How a University Press Office Uses AI Humanization for Research Communications
Universities pump out extraordinary research. A single institution might generate hundreds of significant research outputs every year: peer-reviewed studies, grant-funded projects, breakthrough findings in everything from medical science to engineering to the humanities. But here’s the problem most university communications offices face: translating that research into language that resonates with alumni, donors, journalists, and the public is brutally time-consuming.
Dr. James Chen, director of communications at Northern Research University, found himself in exactly this situation. His office was generating roughly 60-80 research announcements per year. Each one needed to be clear to a specialist, interesting to a general reader, and credible to a journalist who might pick it up. That’s not easy to do consistently, and it was consuming most of his small team’s bandwidth.
The Challenge: Translating Expertise Into Accessibility
Northern Research University publishes across every discipline, materials science, public health, philosophy, electrical engineering, comparative literature. The research is genuinely important, but the announcements were often written either too technically (for the researcher’s audience) or too simplified (losing credibility with people who actually understand the field).
James watched as well-funded research projects got announced in ways that failed to land with donors or attract media attention. The research was solid. The problem was the communication layer. His team consisted of three communications specialists, which is actually pretty healthy for a mid-sized research university. But they were constantly racing against the clock, pulling researchers for interviews, requesting plain-language summaries, fact-checking claims, and still struggling to maintain consistent quality.

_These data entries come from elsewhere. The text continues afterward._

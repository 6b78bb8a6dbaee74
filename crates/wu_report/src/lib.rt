//! The views of a project, as exact bytes: what each line is made of, and how text reaches a writer.
#![tactic(auto)]

pub mod examples;
pub mod laws;
mod lines;
mod output;
mod skips;
mod views;

pub use lines::{applied_count, number_or_dash, pass_word};
pub use output::{Piece, flush, write_pieces};
pub use skips::write_skips;
pub use views::show;
pub use wu_machine::View;
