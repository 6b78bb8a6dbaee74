//! Tests of one instance.

ghost use Rattle.std.specs.Prelude.{◌≡◌};
ghost use Rattle.wu_rules.specs.Instances.{is_unsent, is_in_progress, is_over, is_success, is_new, is_viable, is_active, is_kept, is_error, is_overdue};

use wu_core::{FileDelete, Instance, Moment, Outcome, ServerState, ValidateState};

/// Returns whether the instance is unsent.
pub fn is_unsent(instance: &Instance) -> bool
    // The result is true exactly if the server state is UNSENT.
    ensures { result ≡ is_unsent instance.now }
{
    instance.server_state == ServerState::Unsent
}

/// Returns whether the instance is at a host.
pub fn is_in_progress(instance: &Instance) -> bool
    // The result is true exactly if the server state is IN_PROGRESS.
    ensures { result ≡ is_in_progress instance.now }
{
    instance.server_state == ServerState::InProgress
}

/// Returns whether the instance has ended, with any outcome.
pub fn is_over(instance: &Instance) -> bool
    // The result is true exactly if the server state is OVER.
    ensures { result ≡ is_over instance.now }
{
    instance.server_state == ServerState::Over
}

/// Returns whether the instance is a success: over with outcome SUCCESS.
pub fn is_success(instance: &Instance) -> bool
    // The result is true exactly if the instance is OVER with SUCCESS.
    ensures { result ≡ is_success instance.now }
{
    is_over(instance) && instance.outcome == Outcome::Success
}

/// Returns whether the instance is a success that has no verdict yet.
pub fn is_new(instance: &Instance) -> bool
    // The result is true exactly if the instance is a success with verdict INIT.
    ensures { result ≡ is_new instance.now }
{
    is_success(instance) && instance.validate_state == ValidateState::Init
}

/// Returns whether the instance is a success without a final verdict.
pub fn is_viable(instance: &Instance) -> bool
    // The result is true exactly if the instance is a success with verdict INIT or INCONCLUSIVE.
    ensures { result ≡ is_viable instance.now }
{
    is_success(instance)
        && matches!(
            instance.validate_state,
            ValidateState::Init | ValidateState::Inconclusive
        )
}

/// Returns whether the instance keeps its workunit in the class of its host: it is in progress, or a viable success.
pub fn is_active(instance: &Instance) -> bool
    // The result is true exactly if the instance is in progress, or a viable success.
    ensures { result ≡ is_active instance.now }
{
    is_in_progress(instance) || is_viable(instance)
}

/// Returns whether the instance is a success that is not INVALID.
pub fn is_kept(instance: &Instance) -> bool
    // The result is true exactly if the instance is a success whose verdict is not INVALID.
    ensures { result ≡ is_kept instance.now }
{
    is_success(instance) && instance.validate_state != ValidateState::Invalid
}

/// Returns whether the instance ended with an error, of its host or of validation.
pub fn is_error(instance: &Instance) -> bool
    // The result is true exactly if the outcome is CLIENT_ERROR or VALIDATE_ERROR.
    ensures { result ≡ is_error instance.now }
{
    matches!(
        instance.outcome,
        Outcome::ClientError | Outcome::ValidateError
    )
}

/// Returns whether the instance is in progress with a deadline before the moment.
pub fn is_overdue(instance: &Instance, now: Moment) -> bool
    // The result is true exactly if the instance is in progress with a deadline before the moment.
    ensures { result ≡ is_overdue now instance.now }
{
    match instance.deadline {
        Some(deadline) => is_in_progress(instance) && deadline.is_before(now),
        None => false,
    }
}
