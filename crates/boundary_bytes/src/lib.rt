// Judging, counting and one reading as C functions over bytes, for controllers: events and results low byte first. A slice passes as a
// pointer and a length; each answers its number, and the rest of its answer through references.
#![tactic(auto)]

mod refuse; // the refusals
mod services; // what the C functions answer

ghost use Rattle.std.specs.Prelude.{◌≡◌};
ghost use Rattle.image.specs.Answer.{number_in, rule_in};
ghost use Rattle.boundary_bytes.specs.JudgeBytes.{JudgeBytesIs};
ghost use Rattle.boundary_bytes.specs.CountBytes.{CountBytesIs};
ghost use Rattle.boundary_bytes.specs.ReadingBytes.{ReadingBytesIs};

use image::Refusal;

// Tells C whether a service refused: the number of the refusal or 0, and through `rule` the rule that it names.
fn tell<T>(answer: &Result<T, Refusal>, rule: &mut u16) -> u8
    ensures { (result ≡ number_in answer.now) × (rule.new ≡ rule_in answer.now) }
{
    match answer {
        Ok(_) => {
            *rule = 0;
            0
        }
        Err(refusal) => {
            *rule = refusal.rule();
            refusal.number()
        }
    }
}

// Judges a record.
#[unsafe(no_mangle)]
pub extern "C" fn reader_judge_bytes(
    image: &[u8],
    events: &[u8],
    chart: &mut [u8],
    rule: &mut u16,
    admitted: &mut bool,
    items: &mut u64,
    firings: &mut u64,
) -> u8
    ensures { JudgeBytesIs image.now events.now chart.old
        (record { refusal = result; rule = rule.new; admitted = admitted.new; items = items.new; firings = firings.new })
        chart.new }
{
    let judged = services::judge(image, events, chart);
    if let Ok(judgement) = judged {
        *admitted = judgement.admitted;
        *items = judgement.items;
        *firings = judgement.firings;
    } else {
        *admitted = false;
        *items = 0;
        *firings = 0;
    }
    tell(&judged, rule)
}

// Counts the readings of a record.
#[unsafe(no_mangle)]
pub extern "C" fn reader_count_bytes(
    image: &[u8],
    events: &[u8],
    table: &mut [u8],
    rule: &mut u16,
    total: &mut u32,
) -> u8
    ensures { CountBytesIs image.now events.now table.old
        (record { refusal = result; rule = rule.new; total = total.new }) table.new }
{
    let counted = services::count(image, events, table);
    *total = counted.unwrap_or(0);
    tell(&counted, rule)
}

// Gives reading number k as a script.
#[unsafe(no_mangle)]
pub extern "C" fn reader_reading_bytes(
    image: &[u8],
    events: &[u8],
    k: u32,
    table: &mut [u8],
    room: &mut [u8],
    rule: &mut u16,
) -> u8
    ensures { ReadingBytesIs image.now events.now k table.old room.old
        (record { refusal = result; rule = rule.new }) table.new room.new }
{
    let read = services::reading(image, events, k, table, room);
    tell(&read, rule)
}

The real bottleneck came when journalists actually engaged. If a reporter from a major outlet wanted to cover a research finding, they’d often find that Northern’s announcement didn’t quite give them what they needed. Either it was too insider-focused or too watered down. Either way, the university was losing opportunities to shape the narrative around its own research.
Building a Workflow That Works at a University’s Pace
James didn’t want a system that replaced the expertise of his communications team. He wanted a system that freed them from the mechanical parts of their job so they could focus on strategy and quality. That meant building a process that still required human judgment at every stage but moved faster.
Here’s what they implemented: Researchers submit their findings through a simple form that asks for the basic facts and a short summary of why it matters. A member of James’s team reads the submission and does a brief interview with the researcher, usually 15-20 minutes. That conversation gets converted into a rough draft: the facts, the context, the significance, what’s next for the research.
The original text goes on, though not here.